**Data records:**
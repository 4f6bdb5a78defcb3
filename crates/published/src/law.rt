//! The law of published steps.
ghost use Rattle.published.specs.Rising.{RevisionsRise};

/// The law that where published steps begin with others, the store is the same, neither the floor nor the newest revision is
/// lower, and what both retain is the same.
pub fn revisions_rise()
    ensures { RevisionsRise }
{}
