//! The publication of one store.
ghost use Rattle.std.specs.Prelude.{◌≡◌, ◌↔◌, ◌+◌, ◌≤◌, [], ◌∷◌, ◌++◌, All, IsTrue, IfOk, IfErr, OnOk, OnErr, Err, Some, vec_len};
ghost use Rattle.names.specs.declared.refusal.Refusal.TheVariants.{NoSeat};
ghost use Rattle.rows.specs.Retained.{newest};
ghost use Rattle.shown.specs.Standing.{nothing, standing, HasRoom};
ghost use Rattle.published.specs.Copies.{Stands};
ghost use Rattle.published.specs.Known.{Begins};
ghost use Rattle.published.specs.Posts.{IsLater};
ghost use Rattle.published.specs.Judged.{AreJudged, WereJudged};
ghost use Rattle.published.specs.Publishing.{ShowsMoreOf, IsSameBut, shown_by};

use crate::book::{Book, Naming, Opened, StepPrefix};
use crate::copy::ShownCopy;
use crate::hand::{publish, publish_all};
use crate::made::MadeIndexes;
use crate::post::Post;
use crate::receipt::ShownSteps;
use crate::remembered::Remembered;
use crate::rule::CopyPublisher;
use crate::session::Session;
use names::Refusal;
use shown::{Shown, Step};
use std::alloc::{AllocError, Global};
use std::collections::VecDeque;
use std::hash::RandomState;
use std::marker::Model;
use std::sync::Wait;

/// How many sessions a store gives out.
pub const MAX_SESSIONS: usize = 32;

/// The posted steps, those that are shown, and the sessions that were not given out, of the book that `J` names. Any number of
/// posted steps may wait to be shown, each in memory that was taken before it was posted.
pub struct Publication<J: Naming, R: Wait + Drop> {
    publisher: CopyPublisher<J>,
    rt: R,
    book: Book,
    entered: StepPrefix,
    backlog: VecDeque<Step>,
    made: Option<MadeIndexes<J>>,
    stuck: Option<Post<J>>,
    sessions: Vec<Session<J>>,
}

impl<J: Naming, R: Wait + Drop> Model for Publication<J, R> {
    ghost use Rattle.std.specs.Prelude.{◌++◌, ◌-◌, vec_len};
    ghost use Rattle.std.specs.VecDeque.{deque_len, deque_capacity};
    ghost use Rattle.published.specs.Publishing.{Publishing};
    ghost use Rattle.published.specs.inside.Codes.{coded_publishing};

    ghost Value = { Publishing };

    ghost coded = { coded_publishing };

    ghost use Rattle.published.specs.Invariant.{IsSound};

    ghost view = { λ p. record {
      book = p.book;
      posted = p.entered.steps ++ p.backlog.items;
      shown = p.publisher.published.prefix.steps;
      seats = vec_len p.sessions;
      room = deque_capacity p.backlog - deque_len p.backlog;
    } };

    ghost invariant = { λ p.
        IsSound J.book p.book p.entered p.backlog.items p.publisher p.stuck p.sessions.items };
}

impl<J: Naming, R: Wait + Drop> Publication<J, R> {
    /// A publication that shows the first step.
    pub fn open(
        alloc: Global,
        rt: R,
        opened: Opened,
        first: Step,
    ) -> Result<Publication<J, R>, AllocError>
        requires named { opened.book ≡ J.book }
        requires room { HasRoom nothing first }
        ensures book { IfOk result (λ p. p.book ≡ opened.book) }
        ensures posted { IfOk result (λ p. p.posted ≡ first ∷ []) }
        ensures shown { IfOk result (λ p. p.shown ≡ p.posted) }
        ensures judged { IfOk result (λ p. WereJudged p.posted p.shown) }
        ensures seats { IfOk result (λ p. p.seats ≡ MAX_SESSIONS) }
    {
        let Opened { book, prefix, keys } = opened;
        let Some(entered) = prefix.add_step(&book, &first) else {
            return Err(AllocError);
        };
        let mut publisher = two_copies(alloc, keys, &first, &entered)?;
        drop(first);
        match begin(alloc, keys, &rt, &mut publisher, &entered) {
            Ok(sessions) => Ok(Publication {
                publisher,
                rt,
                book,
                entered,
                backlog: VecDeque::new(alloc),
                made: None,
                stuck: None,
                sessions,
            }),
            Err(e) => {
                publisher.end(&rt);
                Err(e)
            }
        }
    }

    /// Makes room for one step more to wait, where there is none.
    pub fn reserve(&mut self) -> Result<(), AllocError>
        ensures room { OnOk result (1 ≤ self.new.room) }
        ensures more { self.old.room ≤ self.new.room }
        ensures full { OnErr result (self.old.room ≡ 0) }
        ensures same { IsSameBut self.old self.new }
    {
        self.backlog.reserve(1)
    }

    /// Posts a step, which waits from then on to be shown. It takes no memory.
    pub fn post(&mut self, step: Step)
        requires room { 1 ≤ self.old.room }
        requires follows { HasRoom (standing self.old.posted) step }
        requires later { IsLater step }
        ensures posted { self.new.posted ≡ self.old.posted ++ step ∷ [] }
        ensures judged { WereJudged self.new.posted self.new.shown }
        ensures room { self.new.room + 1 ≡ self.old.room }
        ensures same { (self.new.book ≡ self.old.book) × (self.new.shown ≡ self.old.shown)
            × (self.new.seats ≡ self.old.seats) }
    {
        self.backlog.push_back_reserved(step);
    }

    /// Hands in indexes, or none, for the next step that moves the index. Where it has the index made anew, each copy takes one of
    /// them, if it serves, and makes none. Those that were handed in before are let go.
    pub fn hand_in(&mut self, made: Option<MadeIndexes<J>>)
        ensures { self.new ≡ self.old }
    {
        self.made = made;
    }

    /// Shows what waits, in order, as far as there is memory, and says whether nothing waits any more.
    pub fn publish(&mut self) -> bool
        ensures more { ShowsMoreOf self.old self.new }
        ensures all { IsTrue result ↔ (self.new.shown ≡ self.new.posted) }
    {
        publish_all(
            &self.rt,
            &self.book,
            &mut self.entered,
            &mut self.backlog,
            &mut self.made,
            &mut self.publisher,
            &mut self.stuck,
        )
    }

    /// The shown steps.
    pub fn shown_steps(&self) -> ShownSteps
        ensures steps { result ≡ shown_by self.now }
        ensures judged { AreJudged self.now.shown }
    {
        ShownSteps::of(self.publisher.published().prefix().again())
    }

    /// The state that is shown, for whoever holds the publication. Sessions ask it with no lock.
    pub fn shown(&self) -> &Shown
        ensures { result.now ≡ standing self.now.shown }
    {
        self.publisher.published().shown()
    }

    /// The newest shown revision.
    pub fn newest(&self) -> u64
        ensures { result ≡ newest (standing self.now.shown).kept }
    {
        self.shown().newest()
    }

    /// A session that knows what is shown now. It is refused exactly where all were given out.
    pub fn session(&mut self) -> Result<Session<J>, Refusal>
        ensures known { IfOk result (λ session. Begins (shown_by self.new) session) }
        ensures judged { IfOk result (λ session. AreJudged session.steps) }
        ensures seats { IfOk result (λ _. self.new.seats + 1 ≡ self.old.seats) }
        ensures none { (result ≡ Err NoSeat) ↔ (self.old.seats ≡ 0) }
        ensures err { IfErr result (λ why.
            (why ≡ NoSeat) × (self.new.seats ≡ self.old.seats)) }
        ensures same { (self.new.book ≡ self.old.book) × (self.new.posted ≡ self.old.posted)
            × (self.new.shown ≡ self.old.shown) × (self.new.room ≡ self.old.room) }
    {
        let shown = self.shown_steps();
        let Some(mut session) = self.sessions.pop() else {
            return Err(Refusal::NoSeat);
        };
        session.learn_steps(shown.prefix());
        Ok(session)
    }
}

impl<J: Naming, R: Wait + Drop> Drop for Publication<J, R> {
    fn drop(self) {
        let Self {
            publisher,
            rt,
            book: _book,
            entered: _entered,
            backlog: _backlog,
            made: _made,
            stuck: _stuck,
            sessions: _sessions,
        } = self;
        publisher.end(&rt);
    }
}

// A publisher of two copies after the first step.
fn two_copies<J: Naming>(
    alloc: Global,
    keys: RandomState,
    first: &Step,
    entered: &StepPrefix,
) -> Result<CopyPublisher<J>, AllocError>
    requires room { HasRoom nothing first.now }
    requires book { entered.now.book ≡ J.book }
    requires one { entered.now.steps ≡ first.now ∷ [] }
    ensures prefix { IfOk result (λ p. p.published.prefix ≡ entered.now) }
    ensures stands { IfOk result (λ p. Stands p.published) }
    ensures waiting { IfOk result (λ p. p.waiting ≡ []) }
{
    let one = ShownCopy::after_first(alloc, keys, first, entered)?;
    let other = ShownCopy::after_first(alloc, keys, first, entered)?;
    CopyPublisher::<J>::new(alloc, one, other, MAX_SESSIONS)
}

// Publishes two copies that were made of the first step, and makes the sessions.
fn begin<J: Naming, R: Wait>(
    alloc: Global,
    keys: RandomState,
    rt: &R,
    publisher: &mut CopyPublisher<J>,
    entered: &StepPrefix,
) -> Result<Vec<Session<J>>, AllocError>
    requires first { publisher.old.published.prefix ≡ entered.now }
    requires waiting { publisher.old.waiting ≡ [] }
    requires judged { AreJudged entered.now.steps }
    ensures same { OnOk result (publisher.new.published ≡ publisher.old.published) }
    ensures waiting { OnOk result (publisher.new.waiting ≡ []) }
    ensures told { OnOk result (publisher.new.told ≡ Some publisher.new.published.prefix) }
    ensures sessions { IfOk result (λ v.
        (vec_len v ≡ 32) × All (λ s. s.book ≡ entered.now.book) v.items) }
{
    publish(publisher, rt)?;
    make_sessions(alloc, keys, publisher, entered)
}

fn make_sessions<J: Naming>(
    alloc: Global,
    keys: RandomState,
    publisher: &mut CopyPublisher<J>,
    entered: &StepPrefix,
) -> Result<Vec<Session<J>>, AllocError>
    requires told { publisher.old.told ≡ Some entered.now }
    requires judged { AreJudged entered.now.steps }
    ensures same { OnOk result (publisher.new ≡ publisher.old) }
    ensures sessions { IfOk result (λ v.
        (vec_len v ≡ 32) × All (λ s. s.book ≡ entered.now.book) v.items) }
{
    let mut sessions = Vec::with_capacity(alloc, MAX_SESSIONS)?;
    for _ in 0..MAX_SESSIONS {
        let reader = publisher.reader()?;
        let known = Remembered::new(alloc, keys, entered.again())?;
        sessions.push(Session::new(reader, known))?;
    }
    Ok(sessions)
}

**The task:**
Look above for lines with the word "RevisionsRise" and copy them all.

**Solution:**
ghost use Rattle.published.specs.Rising.{RevisionsRise};
    ensures { RevisionsRise }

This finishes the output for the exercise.